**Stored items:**

________________________

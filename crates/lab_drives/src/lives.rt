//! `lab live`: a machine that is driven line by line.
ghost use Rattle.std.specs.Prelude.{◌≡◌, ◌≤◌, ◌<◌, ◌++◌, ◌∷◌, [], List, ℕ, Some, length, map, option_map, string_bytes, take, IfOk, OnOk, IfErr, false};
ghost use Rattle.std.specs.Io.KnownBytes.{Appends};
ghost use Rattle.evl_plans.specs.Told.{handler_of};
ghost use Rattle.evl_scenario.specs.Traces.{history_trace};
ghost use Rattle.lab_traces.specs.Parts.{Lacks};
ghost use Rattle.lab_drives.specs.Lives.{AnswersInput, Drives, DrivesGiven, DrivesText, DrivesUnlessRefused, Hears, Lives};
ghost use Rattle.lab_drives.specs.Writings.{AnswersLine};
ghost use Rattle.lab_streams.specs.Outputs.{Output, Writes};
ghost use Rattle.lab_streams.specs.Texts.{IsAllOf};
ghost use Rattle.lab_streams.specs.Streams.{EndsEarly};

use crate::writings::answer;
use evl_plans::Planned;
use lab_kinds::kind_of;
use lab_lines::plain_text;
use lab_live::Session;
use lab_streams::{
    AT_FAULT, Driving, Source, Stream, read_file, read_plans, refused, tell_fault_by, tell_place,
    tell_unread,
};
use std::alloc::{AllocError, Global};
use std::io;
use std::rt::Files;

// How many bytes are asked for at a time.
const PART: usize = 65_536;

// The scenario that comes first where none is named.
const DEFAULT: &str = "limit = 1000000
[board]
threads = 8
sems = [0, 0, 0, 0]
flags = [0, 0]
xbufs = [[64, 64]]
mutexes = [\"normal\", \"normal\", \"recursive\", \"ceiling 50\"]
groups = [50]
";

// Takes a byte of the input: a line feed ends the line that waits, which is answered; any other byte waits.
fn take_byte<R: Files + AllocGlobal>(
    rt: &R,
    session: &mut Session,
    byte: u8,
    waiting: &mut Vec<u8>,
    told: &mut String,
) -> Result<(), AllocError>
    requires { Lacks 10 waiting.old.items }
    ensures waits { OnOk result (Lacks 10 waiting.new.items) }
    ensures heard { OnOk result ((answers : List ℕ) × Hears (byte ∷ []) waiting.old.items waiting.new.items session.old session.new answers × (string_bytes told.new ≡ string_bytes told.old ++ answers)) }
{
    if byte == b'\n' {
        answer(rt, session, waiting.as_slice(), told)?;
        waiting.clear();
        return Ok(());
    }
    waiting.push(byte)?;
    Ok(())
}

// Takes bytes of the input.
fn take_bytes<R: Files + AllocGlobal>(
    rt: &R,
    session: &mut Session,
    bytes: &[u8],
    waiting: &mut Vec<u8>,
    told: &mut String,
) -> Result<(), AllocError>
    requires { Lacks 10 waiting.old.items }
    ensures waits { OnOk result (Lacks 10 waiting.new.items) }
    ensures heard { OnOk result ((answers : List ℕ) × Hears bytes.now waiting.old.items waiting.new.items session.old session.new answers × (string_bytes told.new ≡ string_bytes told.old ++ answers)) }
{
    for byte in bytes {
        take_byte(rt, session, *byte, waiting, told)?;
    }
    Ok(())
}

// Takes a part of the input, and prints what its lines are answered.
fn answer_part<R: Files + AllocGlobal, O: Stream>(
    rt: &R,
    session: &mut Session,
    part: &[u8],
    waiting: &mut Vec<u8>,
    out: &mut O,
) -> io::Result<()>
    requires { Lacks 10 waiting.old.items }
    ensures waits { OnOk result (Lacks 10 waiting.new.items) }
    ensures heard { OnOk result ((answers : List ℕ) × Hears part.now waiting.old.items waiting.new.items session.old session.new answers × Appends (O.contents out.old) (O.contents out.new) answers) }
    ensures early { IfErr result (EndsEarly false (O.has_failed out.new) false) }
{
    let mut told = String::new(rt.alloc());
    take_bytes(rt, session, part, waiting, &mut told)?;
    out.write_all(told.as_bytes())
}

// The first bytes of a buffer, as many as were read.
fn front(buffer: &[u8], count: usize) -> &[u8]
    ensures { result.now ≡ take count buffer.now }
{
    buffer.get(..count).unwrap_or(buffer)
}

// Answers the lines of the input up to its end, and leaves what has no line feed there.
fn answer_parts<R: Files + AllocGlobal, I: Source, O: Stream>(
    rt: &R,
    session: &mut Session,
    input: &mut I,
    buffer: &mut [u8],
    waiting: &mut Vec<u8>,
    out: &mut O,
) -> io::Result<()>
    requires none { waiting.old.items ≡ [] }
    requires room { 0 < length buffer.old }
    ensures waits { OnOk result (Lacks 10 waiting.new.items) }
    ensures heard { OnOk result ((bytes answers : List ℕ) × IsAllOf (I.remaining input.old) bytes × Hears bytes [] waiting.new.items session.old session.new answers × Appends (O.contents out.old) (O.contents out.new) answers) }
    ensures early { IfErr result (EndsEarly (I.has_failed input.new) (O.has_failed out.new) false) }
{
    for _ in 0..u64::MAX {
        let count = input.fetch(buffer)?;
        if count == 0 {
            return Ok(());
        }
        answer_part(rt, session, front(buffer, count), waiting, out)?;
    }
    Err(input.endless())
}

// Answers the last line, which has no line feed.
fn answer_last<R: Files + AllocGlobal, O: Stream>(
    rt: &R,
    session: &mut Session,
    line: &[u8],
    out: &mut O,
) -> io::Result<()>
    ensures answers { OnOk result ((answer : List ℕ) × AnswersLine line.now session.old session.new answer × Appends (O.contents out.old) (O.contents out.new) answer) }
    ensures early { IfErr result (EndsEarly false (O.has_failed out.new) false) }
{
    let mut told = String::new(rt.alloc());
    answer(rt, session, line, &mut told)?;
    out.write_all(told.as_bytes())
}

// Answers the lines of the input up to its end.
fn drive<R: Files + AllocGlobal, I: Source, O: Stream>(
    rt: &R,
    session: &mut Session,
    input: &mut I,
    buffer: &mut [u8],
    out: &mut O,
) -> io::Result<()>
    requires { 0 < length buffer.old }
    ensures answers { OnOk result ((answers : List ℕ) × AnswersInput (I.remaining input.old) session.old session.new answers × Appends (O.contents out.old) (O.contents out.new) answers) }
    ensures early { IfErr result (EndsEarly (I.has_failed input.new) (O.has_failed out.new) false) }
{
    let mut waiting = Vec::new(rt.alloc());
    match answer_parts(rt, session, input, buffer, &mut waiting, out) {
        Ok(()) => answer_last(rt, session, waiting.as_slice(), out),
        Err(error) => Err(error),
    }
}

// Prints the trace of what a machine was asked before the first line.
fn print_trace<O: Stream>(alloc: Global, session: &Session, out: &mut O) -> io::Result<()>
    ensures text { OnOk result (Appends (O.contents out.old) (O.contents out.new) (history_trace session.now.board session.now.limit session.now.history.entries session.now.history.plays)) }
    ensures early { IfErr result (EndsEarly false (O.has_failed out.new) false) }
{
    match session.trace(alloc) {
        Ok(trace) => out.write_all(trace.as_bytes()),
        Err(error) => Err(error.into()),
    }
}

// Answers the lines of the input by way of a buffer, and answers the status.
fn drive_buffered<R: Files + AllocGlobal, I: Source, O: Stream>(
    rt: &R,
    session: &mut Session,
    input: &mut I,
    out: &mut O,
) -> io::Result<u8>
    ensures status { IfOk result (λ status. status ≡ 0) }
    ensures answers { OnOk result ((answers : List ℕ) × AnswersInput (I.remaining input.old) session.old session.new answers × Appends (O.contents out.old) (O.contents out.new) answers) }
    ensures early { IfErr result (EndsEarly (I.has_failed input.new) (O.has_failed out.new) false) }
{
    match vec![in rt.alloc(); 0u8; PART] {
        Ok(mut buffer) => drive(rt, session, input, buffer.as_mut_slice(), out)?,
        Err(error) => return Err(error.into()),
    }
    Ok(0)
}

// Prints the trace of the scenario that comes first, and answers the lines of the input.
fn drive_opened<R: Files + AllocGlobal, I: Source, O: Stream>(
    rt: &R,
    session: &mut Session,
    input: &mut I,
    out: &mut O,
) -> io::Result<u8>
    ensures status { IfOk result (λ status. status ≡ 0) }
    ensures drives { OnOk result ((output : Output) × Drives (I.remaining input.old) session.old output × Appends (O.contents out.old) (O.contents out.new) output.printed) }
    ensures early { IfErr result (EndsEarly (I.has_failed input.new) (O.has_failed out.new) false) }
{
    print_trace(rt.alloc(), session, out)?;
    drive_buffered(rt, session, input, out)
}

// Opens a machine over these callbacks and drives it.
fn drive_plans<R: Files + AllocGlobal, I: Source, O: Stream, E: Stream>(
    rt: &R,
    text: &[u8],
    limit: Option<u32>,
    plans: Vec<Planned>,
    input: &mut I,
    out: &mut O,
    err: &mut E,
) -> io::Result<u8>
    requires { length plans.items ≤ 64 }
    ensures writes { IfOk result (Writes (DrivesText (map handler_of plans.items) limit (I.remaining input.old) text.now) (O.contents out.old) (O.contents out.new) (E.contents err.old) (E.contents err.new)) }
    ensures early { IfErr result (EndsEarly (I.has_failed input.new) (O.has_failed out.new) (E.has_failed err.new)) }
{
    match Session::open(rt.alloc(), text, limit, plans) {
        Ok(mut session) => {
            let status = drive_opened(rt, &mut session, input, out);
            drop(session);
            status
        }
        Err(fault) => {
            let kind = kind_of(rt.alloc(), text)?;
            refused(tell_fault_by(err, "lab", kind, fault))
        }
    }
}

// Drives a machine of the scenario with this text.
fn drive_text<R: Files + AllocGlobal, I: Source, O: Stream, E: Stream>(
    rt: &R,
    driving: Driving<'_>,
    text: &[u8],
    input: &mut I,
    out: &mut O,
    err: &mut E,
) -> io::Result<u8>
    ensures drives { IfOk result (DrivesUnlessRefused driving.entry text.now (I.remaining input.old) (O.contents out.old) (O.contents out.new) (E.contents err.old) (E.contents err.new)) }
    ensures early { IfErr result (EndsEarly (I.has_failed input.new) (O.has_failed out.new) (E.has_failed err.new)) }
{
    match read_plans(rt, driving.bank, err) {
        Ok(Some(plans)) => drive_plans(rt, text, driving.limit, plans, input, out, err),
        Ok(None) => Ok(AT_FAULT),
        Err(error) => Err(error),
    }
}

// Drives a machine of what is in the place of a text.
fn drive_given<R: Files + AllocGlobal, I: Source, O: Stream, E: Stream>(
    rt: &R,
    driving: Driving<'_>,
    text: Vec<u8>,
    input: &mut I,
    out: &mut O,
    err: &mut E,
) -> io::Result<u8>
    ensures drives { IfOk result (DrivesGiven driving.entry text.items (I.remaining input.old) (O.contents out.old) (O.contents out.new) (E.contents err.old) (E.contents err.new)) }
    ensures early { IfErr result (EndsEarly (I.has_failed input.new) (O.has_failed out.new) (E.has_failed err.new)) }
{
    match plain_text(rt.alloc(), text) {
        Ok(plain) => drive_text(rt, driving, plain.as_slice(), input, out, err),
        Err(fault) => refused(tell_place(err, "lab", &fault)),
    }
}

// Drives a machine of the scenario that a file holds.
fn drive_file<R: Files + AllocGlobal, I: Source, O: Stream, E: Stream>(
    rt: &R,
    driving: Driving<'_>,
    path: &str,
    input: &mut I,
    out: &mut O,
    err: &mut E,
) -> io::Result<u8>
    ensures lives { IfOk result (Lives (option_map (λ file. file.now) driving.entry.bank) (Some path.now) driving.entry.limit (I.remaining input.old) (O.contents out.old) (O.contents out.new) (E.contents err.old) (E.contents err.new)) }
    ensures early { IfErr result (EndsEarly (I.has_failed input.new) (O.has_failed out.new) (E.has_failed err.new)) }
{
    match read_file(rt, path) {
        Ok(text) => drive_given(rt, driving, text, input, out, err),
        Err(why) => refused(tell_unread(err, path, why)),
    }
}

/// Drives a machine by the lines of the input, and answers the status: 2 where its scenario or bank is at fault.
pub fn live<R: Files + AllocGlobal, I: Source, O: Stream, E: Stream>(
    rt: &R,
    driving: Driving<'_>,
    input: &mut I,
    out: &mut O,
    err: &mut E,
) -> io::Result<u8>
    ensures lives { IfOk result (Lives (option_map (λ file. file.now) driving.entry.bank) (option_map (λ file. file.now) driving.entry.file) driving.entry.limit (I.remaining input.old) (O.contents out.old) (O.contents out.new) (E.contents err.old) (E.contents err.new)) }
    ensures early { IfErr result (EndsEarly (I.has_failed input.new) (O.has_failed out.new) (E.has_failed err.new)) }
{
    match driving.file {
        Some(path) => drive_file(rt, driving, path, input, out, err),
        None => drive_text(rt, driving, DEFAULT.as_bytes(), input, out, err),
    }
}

________________________

**What the exercise asks:**
Once you have counted the lines of the records that contain the word "answered", give the count and nothing else.

**Response to this exercise:**
2